◆ Supplied material
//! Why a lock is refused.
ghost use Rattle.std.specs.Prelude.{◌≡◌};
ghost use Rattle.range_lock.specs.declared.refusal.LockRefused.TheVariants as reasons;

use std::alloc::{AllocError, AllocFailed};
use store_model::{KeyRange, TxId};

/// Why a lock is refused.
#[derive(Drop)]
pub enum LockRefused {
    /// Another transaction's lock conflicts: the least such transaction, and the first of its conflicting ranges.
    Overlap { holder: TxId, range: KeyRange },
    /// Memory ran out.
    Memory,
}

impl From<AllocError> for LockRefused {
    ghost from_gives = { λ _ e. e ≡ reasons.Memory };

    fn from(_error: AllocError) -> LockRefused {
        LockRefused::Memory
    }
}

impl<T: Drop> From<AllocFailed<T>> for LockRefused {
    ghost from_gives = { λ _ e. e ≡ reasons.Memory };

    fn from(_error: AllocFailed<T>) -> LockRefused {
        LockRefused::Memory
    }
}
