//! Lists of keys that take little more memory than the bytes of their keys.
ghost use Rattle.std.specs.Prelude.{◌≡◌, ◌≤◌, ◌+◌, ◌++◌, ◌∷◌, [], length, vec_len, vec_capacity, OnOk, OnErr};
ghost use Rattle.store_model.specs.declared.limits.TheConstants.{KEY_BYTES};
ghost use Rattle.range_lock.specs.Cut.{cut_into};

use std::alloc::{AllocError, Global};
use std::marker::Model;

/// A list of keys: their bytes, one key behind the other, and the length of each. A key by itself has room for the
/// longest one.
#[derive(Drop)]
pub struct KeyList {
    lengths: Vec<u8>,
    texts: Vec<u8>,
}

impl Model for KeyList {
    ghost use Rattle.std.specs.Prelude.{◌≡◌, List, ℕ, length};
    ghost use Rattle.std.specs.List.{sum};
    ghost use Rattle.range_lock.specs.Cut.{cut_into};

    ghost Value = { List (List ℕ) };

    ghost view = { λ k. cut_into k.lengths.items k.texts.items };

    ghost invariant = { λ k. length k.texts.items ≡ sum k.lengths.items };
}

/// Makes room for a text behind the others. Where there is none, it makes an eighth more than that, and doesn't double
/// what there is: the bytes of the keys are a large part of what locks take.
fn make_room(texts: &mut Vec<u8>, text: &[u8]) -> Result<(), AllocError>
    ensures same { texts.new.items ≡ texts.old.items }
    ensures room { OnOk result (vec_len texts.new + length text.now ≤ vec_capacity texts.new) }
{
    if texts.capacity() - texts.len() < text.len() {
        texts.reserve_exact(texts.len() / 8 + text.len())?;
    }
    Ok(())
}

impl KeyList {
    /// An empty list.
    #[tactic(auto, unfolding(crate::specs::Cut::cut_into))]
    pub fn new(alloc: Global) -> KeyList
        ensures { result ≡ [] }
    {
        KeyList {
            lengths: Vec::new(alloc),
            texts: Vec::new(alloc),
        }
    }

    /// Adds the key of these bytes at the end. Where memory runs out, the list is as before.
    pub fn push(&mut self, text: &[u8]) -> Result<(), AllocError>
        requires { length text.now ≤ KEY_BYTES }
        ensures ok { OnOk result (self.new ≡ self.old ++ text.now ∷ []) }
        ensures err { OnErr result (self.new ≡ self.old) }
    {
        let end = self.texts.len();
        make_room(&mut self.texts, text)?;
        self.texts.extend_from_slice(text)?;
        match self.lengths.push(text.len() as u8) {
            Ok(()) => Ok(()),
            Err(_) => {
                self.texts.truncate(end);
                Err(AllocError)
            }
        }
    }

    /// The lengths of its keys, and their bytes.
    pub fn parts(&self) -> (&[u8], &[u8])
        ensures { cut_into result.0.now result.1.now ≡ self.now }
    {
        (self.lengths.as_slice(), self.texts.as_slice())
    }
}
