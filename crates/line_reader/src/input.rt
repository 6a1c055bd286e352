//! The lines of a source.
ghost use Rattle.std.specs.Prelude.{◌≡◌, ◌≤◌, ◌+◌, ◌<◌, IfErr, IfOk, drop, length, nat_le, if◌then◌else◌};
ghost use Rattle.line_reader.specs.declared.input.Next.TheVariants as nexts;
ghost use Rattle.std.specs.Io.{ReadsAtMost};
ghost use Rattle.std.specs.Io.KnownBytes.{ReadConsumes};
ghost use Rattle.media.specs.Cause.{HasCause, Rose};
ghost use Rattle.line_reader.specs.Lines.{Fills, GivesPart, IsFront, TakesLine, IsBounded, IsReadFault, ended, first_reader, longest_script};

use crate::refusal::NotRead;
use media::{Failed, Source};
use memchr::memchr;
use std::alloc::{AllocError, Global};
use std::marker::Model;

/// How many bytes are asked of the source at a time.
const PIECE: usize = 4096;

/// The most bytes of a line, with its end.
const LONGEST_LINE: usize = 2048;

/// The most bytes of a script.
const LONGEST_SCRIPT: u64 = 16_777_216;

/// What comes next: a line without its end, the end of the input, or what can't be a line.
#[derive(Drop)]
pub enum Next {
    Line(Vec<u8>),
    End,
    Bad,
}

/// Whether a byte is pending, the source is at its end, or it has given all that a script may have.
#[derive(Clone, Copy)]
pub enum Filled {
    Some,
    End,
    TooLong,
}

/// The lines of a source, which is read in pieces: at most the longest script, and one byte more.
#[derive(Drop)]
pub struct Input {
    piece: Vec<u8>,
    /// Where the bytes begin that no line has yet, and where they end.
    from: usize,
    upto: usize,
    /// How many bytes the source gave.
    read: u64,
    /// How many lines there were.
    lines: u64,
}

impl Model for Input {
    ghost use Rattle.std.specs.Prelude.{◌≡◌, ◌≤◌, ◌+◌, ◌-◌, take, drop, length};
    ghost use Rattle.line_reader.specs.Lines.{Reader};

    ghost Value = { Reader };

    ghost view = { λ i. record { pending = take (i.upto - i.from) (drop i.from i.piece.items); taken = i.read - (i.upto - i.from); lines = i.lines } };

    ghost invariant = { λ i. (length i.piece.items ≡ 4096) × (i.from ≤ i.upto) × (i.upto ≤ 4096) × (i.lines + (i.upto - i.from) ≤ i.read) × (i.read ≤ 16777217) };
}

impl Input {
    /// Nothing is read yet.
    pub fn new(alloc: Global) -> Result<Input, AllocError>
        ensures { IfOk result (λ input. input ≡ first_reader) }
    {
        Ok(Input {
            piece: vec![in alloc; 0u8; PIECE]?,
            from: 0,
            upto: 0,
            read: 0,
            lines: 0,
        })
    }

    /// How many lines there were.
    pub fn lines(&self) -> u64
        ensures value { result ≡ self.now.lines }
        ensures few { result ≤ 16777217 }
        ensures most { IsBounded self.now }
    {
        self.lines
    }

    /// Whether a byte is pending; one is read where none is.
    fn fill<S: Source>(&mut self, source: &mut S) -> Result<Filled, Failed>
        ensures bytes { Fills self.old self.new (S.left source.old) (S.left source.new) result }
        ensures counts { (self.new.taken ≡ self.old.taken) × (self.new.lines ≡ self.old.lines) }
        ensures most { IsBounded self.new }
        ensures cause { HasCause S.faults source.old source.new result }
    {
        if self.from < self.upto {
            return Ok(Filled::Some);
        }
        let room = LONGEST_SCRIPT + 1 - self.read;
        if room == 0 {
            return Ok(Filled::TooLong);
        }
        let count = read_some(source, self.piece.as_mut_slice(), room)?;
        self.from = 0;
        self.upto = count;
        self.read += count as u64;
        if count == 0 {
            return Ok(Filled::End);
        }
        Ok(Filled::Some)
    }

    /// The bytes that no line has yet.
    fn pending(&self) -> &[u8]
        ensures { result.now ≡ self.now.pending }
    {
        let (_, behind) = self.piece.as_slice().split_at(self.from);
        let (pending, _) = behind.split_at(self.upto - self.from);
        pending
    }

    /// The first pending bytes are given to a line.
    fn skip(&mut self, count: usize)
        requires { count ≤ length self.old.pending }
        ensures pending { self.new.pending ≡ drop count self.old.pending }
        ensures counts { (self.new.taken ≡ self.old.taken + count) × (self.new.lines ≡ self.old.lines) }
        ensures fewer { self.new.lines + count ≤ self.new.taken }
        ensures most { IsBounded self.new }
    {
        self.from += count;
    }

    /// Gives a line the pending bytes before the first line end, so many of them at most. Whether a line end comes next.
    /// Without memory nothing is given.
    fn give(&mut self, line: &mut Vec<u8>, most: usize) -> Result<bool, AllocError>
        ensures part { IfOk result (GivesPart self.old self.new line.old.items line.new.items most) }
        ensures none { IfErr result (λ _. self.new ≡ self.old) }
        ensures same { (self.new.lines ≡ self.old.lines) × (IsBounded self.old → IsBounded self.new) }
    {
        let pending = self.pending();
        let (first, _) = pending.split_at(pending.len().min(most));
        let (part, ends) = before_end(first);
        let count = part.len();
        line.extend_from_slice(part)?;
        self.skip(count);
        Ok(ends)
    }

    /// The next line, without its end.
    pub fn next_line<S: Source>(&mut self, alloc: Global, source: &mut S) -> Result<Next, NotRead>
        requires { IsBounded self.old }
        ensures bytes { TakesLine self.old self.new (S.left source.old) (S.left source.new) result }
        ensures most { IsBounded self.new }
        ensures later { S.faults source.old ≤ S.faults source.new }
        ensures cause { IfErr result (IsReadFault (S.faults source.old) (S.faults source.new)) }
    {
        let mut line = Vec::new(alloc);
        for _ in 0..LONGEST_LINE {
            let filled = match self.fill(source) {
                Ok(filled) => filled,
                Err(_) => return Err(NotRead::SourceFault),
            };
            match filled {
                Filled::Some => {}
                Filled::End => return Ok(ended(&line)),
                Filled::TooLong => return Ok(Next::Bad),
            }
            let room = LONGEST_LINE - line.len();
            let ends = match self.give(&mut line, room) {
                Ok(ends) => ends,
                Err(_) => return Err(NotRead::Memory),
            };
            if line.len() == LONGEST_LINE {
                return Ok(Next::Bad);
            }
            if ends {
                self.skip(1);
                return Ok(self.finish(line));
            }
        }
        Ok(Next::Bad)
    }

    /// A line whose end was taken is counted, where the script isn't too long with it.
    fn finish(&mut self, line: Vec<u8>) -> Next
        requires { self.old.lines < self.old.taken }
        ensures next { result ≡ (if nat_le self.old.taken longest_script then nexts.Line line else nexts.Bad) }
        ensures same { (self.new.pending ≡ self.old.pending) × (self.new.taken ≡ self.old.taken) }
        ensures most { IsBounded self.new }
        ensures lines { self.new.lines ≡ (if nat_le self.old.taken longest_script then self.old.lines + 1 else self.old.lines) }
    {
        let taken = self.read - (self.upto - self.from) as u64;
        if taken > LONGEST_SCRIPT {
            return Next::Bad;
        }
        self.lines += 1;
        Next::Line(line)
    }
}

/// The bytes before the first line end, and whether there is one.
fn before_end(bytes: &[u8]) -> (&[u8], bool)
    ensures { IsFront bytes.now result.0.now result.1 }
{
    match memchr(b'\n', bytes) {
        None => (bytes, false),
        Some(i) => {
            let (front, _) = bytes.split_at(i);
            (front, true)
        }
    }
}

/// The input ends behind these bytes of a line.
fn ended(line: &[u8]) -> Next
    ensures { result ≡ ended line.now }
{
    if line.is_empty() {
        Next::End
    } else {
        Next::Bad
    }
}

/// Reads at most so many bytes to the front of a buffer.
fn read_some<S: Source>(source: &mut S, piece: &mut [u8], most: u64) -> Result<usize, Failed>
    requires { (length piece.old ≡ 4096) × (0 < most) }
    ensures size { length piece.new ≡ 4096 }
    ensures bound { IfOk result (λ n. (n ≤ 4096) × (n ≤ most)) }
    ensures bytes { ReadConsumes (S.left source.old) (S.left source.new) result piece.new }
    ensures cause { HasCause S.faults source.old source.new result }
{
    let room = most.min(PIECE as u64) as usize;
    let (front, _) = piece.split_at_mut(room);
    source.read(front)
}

◆ About this exercise
In the listing above, show every line with the word "IsReadFault".

◆ Task solution
ghost use Rattle.line_reader.specs.Lines.{Fills, GivesPart, IsFront, TakesLine, IsBounded, IsReadFault, ended, first_reader, longest_script};
        ensures cause { IfErr result (IsReadFault (S.faults source.old) (S.faults source.new)) }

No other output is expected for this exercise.